ASSIGNMENT -> Scan the data below and copy each line where "among" occurs.

RECORDS FOR THE EXERCISE ->
# # #

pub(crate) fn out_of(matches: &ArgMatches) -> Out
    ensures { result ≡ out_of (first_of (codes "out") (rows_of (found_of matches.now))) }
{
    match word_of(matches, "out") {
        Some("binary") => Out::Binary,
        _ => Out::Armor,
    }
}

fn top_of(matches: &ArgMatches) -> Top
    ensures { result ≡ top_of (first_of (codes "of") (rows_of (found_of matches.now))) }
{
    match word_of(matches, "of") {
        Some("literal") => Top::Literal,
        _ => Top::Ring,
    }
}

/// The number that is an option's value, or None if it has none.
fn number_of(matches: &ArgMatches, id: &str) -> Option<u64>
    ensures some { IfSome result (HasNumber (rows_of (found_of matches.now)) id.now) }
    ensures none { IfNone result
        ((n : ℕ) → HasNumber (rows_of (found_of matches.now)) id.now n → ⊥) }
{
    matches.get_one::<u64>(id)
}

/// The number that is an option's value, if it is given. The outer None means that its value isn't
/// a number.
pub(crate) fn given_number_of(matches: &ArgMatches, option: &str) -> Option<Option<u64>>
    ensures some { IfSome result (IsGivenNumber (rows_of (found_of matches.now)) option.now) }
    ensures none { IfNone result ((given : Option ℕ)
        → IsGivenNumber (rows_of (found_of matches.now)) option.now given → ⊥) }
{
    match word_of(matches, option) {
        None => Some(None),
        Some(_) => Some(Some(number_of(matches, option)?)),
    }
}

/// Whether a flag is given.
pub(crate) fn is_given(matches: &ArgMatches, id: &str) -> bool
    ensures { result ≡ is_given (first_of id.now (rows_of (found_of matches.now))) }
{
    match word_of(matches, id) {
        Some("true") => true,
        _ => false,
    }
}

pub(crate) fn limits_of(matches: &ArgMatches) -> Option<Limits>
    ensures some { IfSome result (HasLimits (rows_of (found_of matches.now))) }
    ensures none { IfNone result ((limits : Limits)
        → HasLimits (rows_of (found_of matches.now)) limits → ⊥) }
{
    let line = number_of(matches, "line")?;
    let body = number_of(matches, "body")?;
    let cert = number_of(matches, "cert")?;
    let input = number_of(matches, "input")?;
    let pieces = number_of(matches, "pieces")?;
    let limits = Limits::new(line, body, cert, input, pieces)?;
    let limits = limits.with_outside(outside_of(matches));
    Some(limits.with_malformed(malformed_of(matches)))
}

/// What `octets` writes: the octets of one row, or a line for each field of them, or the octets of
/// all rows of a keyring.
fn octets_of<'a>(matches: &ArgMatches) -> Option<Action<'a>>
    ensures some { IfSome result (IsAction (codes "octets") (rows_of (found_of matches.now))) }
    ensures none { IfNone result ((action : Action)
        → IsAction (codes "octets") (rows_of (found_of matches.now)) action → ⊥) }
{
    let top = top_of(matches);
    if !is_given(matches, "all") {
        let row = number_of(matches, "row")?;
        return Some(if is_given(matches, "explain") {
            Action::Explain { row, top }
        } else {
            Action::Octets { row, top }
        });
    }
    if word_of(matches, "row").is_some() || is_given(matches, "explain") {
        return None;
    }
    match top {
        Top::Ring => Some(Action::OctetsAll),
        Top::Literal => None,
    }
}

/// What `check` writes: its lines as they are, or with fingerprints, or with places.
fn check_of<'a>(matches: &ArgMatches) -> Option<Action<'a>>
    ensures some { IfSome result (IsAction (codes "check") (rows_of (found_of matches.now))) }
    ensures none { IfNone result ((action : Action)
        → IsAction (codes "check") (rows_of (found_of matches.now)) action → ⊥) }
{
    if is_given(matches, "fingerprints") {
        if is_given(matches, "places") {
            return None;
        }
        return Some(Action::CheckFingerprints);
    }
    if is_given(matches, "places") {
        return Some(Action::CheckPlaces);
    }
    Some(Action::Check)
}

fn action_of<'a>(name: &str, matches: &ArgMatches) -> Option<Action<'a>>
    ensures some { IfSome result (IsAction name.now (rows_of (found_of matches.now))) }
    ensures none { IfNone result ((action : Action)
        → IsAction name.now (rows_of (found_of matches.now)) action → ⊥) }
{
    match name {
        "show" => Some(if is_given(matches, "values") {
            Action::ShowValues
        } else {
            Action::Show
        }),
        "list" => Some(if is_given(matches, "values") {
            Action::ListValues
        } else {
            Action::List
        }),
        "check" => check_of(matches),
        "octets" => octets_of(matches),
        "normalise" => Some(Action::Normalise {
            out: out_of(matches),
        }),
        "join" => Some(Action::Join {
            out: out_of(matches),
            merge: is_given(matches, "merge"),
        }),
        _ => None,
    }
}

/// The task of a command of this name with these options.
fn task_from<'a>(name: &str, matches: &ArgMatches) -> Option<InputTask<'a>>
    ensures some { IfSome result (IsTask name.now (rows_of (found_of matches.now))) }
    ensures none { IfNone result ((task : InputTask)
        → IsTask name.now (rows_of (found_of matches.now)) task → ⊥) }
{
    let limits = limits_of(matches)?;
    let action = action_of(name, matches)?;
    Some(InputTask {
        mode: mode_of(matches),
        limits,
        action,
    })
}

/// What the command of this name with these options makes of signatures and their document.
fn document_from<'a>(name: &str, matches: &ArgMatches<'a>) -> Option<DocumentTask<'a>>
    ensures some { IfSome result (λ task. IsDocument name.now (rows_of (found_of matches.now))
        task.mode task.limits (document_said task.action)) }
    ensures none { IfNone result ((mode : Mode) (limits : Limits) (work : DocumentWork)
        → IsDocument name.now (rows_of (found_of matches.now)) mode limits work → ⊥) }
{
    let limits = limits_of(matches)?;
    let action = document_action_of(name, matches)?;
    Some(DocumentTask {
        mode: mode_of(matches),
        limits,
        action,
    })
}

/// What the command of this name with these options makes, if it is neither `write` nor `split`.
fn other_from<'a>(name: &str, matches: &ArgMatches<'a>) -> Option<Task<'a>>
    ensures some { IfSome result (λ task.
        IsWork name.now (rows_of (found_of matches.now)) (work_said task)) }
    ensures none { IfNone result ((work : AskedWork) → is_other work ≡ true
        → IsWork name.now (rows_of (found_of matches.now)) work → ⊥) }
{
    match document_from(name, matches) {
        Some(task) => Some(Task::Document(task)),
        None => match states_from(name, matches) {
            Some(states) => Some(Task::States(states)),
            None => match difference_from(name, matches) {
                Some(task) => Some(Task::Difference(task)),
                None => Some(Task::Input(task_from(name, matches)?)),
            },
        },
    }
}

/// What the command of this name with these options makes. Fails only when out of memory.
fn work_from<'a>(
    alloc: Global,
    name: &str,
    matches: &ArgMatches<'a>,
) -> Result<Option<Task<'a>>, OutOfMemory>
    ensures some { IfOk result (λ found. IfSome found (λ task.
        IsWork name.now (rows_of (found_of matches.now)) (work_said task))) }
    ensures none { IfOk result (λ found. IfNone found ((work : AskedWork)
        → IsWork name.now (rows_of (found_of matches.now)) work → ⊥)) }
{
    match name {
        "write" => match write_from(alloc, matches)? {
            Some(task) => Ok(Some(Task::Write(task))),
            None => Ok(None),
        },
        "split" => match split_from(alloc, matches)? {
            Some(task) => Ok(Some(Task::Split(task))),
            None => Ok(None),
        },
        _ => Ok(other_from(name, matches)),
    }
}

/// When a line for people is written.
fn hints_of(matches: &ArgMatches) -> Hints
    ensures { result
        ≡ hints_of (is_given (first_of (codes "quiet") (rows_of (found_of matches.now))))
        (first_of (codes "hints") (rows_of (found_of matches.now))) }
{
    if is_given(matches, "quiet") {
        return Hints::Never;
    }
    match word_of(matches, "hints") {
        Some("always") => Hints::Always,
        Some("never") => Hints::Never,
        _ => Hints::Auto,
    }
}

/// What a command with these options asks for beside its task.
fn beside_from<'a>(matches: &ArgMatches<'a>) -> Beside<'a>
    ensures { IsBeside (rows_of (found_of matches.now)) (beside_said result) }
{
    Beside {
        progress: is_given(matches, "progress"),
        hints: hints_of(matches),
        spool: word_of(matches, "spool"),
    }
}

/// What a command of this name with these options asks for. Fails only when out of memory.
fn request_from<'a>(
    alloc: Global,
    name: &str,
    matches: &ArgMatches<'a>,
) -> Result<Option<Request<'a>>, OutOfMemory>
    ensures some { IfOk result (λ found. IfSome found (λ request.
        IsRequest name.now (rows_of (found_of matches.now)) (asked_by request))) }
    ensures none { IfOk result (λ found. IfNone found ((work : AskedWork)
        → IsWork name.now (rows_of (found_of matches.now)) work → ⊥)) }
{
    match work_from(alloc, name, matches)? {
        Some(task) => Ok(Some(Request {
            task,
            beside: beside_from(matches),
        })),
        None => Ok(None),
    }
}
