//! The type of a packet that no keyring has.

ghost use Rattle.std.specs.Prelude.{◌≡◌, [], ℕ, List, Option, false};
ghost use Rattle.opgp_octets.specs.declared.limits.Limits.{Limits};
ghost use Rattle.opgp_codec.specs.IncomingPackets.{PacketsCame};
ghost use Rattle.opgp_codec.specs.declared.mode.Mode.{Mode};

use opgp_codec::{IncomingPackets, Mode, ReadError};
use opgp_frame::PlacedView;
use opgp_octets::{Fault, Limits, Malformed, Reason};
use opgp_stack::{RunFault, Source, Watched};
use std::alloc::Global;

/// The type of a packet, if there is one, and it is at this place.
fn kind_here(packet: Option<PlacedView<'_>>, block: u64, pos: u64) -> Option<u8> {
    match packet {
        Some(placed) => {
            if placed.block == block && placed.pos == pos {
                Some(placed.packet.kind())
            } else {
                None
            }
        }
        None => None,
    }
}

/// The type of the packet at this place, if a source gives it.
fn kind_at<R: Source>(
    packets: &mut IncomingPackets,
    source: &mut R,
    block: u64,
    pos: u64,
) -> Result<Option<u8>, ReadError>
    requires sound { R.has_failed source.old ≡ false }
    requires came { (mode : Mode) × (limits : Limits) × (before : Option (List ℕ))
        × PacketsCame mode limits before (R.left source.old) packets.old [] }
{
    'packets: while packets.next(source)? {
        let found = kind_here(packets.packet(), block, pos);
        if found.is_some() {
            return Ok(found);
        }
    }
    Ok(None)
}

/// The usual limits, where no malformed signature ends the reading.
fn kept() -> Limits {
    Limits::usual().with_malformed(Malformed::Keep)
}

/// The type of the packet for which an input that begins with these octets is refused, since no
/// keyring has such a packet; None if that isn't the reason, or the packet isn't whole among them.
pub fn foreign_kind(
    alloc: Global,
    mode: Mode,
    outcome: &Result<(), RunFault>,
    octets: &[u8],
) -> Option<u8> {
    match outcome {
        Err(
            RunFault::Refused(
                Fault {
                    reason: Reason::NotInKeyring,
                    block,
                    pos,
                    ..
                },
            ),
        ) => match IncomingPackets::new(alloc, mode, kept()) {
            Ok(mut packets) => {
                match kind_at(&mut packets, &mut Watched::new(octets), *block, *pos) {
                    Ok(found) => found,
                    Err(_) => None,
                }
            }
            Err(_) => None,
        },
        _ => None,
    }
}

# # #

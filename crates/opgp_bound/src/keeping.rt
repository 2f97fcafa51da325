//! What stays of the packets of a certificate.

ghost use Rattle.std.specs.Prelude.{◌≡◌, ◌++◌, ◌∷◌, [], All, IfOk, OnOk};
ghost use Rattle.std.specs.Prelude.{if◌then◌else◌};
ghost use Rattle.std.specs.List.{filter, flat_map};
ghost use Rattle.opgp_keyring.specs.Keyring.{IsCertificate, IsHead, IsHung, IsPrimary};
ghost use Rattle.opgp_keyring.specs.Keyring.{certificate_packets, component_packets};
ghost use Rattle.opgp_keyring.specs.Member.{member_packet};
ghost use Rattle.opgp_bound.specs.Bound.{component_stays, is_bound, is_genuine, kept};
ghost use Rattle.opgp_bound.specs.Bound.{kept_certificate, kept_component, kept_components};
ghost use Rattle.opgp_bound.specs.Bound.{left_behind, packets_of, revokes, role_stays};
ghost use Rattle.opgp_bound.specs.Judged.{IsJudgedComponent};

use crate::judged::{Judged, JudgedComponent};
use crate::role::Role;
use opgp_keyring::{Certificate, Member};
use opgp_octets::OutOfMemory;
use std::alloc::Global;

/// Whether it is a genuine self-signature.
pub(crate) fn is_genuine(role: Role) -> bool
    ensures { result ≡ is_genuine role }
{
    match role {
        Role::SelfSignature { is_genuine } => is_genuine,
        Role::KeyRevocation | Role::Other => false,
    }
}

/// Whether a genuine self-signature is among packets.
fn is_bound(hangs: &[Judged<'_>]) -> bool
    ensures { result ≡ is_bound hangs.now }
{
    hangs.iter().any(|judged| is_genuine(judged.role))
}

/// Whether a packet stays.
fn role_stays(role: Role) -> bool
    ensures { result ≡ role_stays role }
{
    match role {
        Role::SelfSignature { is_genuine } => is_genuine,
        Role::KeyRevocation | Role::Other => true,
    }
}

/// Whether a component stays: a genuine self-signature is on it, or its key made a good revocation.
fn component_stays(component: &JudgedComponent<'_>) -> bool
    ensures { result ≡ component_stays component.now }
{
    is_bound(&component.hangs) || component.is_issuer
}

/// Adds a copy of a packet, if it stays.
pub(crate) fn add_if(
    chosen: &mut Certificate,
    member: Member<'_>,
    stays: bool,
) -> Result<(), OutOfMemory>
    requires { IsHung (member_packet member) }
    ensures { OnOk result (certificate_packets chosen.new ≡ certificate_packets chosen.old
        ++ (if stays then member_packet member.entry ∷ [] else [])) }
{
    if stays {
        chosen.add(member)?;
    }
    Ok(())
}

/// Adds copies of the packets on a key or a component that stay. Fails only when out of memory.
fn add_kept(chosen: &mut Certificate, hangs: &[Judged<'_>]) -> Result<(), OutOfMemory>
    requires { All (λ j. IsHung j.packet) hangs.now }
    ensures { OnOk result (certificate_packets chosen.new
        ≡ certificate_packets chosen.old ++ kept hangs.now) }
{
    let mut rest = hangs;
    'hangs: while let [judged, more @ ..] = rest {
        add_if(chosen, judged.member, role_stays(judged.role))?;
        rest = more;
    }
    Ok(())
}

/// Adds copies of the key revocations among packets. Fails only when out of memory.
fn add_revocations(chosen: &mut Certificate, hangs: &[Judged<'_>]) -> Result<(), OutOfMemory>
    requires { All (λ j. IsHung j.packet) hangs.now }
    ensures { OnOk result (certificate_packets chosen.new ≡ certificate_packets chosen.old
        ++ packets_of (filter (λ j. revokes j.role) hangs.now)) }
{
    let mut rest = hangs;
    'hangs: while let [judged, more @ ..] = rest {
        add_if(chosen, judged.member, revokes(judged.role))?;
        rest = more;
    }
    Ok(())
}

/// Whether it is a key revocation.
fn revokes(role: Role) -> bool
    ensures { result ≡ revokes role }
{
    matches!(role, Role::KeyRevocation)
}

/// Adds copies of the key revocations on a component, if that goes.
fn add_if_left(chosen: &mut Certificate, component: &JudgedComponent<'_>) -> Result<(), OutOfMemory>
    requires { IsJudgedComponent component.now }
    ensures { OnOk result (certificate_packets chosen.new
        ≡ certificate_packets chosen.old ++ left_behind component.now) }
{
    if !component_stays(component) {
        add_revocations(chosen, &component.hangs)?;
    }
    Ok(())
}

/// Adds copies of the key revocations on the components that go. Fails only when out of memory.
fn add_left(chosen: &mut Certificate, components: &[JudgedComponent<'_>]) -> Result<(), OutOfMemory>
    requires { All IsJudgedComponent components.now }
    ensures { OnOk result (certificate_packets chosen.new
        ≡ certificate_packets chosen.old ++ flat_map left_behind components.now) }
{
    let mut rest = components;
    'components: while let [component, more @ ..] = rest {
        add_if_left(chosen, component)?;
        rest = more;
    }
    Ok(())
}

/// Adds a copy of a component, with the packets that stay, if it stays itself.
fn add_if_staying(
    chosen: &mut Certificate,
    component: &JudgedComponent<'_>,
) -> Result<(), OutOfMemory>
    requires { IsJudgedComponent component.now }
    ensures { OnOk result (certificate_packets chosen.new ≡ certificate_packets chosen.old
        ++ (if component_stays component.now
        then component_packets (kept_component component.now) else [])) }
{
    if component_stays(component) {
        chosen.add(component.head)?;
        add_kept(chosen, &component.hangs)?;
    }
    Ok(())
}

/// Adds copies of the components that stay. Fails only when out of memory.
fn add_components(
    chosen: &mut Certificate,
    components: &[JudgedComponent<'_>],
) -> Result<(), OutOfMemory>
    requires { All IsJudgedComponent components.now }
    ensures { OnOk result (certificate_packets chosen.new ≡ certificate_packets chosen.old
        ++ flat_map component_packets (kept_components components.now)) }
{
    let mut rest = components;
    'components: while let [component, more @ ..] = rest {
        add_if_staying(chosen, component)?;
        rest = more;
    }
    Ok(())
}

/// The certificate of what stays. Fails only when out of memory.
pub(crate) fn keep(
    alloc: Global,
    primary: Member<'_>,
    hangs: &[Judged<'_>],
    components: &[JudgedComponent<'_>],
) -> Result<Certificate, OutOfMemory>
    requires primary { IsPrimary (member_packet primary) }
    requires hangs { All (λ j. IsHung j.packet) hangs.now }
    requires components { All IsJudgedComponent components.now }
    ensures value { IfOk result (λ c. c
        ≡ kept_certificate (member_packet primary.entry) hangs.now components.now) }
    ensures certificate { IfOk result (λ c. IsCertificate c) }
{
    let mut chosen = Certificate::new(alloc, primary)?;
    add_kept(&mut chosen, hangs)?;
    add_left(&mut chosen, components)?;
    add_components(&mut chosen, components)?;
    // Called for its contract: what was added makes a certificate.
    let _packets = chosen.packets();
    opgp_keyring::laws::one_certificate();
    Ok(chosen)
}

# # #

SOLUTION TO THE EXERCISE ->
/// keyring has such a packet; None if that isn't the reason, or the packet isn't whole among them.
/// Whether a genuine self-signature is among packets.
/// Adds copies of the key revocations among packets. Fails only when out of memory.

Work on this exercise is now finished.